Where the records below show the word "these" in a line, please copy that line.
** Opening GIVEN RECORDS block **
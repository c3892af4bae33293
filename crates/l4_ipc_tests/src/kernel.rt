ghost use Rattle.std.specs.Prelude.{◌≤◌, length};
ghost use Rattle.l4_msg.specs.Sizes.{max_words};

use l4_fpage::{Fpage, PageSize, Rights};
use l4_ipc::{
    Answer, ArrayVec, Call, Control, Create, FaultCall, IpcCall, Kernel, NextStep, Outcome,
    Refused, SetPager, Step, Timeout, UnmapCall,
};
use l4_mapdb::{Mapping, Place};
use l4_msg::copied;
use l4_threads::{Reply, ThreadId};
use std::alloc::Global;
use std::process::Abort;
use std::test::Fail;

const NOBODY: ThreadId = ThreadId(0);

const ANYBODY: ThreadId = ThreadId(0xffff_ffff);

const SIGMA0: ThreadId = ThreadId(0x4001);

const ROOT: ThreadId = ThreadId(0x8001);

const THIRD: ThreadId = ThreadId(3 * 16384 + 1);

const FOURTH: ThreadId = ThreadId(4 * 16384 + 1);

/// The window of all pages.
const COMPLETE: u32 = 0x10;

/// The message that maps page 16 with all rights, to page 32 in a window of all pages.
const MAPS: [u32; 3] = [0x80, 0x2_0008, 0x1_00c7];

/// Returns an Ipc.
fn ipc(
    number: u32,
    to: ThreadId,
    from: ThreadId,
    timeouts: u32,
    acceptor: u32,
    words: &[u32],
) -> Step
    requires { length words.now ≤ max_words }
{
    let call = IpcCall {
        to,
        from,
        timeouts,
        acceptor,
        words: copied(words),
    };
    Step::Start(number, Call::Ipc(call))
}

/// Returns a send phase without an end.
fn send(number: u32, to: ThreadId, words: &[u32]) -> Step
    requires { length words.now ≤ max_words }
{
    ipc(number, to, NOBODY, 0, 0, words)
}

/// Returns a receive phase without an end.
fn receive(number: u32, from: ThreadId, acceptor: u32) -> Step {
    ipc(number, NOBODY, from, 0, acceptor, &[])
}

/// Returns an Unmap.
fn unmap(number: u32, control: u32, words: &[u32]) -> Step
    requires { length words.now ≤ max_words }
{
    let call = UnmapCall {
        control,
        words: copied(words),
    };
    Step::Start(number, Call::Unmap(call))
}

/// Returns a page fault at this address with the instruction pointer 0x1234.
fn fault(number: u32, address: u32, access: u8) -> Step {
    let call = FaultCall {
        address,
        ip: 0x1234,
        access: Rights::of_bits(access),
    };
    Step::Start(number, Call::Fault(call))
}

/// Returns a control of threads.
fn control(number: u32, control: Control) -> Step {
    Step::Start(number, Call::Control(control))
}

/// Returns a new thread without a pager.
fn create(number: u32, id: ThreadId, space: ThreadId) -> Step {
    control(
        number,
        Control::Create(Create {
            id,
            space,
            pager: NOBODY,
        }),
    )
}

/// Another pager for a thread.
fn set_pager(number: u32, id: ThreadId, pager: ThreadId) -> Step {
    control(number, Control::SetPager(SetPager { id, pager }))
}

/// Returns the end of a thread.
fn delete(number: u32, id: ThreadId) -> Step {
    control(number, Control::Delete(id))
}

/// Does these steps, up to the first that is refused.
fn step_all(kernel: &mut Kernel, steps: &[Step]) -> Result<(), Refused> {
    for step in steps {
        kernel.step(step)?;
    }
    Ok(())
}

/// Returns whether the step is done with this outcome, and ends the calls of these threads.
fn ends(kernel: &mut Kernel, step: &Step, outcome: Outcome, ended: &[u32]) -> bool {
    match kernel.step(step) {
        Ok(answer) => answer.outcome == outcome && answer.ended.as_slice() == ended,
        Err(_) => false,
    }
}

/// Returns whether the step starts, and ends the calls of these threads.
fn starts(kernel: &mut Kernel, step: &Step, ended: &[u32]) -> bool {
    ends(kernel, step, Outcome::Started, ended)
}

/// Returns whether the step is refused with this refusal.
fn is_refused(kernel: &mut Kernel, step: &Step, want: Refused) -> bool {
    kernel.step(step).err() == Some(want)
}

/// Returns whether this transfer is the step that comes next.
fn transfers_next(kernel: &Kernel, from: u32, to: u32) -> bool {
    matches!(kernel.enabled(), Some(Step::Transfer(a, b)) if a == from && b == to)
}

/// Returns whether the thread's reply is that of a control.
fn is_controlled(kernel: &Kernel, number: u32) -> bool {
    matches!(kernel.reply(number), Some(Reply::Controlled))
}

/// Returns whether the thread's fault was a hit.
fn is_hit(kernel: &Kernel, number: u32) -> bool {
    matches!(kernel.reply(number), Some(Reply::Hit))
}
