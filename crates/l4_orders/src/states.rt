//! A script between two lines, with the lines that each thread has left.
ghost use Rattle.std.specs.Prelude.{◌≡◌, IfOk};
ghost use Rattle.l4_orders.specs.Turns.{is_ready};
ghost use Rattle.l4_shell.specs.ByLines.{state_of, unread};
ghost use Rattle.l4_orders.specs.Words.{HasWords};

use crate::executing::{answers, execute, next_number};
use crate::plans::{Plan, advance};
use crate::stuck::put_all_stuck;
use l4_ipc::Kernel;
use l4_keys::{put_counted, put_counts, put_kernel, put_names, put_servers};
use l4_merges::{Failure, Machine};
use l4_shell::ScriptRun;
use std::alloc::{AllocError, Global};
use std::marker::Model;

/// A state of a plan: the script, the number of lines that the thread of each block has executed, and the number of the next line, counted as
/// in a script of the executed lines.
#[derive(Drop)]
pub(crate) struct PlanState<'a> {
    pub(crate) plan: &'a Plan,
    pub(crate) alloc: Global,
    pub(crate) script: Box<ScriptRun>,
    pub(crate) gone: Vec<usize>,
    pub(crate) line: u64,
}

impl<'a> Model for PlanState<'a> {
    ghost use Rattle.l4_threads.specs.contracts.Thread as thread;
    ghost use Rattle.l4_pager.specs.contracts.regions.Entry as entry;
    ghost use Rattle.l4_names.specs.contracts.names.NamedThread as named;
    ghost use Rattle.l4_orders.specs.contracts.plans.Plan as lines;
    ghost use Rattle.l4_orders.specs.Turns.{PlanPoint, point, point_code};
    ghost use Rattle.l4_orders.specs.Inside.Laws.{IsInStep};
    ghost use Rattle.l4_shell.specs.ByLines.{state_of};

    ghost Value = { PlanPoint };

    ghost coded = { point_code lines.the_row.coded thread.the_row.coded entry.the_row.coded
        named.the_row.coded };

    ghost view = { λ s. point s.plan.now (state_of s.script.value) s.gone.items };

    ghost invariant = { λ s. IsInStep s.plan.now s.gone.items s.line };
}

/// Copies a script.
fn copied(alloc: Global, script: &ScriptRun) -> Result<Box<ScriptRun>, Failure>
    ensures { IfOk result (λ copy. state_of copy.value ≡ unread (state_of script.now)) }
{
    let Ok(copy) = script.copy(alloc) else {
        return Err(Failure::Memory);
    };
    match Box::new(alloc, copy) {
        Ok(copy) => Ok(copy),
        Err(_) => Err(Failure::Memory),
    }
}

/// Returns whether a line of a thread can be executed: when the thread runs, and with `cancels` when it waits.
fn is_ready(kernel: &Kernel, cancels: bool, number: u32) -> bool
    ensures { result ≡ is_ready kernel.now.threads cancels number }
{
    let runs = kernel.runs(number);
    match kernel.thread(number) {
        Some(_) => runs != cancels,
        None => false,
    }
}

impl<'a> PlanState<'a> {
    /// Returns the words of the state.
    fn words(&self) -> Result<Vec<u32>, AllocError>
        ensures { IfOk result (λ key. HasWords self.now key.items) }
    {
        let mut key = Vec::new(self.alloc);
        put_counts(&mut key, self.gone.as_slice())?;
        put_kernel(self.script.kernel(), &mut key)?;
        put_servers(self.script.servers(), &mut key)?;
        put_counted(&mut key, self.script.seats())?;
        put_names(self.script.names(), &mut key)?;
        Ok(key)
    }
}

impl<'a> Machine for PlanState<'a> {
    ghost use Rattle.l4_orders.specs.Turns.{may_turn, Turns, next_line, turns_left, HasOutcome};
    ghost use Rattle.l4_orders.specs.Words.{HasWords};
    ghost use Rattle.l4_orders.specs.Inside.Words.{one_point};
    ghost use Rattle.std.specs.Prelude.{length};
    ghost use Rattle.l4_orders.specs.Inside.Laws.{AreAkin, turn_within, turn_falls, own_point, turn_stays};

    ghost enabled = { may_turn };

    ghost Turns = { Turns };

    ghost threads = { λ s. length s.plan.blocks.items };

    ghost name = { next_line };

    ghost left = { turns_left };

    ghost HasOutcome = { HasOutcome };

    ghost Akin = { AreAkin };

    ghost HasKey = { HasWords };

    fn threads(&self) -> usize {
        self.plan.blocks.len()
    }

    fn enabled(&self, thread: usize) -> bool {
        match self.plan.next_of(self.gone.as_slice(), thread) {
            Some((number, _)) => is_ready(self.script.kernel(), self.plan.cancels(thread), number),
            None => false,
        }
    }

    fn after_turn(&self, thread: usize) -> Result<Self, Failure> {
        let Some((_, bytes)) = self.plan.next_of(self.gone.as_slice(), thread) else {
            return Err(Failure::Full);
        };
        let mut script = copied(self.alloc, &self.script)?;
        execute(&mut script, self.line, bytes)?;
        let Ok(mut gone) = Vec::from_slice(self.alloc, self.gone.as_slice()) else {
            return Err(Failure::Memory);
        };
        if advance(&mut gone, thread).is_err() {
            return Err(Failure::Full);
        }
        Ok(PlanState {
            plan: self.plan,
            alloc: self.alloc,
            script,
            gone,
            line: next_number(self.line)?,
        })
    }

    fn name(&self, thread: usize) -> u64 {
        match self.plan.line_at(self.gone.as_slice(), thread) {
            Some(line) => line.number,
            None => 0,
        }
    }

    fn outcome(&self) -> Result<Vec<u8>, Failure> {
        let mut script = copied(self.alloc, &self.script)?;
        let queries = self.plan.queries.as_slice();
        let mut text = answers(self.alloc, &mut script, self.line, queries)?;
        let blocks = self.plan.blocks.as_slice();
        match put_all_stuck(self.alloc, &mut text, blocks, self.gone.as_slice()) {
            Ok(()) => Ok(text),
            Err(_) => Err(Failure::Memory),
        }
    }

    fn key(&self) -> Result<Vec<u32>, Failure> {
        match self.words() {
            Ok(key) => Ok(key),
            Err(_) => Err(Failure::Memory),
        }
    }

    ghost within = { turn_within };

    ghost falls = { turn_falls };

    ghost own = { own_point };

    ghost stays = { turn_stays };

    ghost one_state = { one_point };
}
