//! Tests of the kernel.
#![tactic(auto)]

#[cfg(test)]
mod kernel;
** Closing GIVEN RECORDS block **
EXPECTED ANSWER:
/// Does these steps, up to the first that is refused.
/// Returns whether the step is done with this outcome, and ends the calls of these threads.
/// Returns whether the step starts, and ends the calls of these threads.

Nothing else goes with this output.